(Items from a data source)

____________

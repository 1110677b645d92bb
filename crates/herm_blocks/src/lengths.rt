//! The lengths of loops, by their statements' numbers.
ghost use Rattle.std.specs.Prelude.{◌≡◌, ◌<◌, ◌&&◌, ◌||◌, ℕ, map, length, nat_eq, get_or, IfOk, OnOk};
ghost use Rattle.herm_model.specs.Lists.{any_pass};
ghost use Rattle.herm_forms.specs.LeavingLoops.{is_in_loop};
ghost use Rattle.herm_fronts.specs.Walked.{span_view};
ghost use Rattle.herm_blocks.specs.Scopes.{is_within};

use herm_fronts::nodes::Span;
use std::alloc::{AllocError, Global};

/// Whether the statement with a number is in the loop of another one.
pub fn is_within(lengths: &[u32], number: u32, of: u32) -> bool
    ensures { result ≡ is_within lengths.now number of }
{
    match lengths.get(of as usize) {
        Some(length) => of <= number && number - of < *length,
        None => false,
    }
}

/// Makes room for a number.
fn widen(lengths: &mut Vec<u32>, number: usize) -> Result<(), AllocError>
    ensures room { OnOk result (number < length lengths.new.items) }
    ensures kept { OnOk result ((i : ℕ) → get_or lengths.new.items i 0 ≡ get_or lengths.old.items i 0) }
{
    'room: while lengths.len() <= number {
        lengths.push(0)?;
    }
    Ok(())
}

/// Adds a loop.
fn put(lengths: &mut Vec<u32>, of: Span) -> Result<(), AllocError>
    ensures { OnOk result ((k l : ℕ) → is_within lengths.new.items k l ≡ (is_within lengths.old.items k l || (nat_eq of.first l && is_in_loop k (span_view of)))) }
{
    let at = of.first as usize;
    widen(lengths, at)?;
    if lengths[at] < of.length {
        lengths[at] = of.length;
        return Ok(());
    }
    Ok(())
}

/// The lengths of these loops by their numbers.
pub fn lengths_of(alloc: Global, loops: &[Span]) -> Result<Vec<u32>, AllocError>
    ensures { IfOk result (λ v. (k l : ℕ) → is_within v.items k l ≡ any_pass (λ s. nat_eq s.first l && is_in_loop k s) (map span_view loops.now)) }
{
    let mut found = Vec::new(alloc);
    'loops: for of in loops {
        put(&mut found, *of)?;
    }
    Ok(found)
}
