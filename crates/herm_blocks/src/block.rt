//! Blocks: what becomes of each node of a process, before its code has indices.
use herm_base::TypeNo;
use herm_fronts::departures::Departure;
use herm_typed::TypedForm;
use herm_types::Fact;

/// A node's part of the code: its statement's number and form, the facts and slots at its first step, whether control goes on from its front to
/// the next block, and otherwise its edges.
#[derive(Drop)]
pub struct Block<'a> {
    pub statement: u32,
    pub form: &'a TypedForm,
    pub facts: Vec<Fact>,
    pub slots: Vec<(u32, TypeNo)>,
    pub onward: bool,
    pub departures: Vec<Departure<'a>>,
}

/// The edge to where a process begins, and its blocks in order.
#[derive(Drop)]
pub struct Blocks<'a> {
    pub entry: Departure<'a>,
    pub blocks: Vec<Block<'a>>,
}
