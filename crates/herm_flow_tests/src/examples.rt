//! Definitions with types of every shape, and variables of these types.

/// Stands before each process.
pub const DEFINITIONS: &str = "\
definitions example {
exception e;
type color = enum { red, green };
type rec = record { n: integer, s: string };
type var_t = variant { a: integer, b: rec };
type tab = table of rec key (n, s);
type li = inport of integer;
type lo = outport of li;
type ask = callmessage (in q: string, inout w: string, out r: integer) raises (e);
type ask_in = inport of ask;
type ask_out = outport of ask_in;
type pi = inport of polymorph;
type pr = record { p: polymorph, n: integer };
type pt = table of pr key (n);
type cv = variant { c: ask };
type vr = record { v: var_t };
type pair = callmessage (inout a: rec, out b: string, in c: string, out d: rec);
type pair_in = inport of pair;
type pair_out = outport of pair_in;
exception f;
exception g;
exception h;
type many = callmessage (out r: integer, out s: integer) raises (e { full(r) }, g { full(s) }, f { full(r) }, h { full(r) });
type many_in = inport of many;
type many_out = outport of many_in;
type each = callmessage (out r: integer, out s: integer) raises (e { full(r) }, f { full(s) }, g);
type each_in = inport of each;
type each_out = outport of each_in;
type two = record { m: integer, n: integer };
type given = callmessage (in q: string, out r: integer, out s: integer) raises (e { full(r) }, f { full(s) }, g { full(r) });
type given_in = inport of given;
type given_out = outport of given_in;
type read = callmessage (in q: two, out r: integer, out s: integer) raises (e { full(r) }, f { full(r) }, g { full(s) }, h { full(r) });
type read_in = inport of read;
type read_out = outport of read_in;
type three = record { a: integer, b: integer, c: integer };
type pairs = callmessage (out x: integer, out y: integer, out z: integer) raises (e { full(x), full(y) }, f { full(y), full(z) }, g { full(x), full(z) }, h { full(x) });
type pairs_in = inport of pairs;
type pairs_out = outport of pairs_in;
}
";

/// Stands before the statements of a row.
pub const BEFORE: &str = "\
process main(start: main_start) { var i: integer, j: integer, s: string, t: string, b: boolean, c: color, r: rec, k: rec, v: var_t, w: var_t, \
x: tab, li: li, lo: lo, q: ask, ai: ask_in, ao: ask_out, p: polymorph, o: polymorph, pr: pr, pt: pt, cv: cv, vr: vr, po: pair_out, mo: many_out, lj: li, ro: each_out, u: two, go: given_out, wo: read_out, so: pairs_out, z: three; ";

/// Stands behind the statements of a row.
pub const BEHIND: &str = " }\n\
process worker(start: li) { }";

____________

## Problem to solve
Go through the data above and return each line containing the string "slots".

## Result below
/// A node's part of the code: its statement's number and form, the facts and slots at its first step, whether control goes on from its front to
    pub slots: Vec<(u32, TypeNo)>,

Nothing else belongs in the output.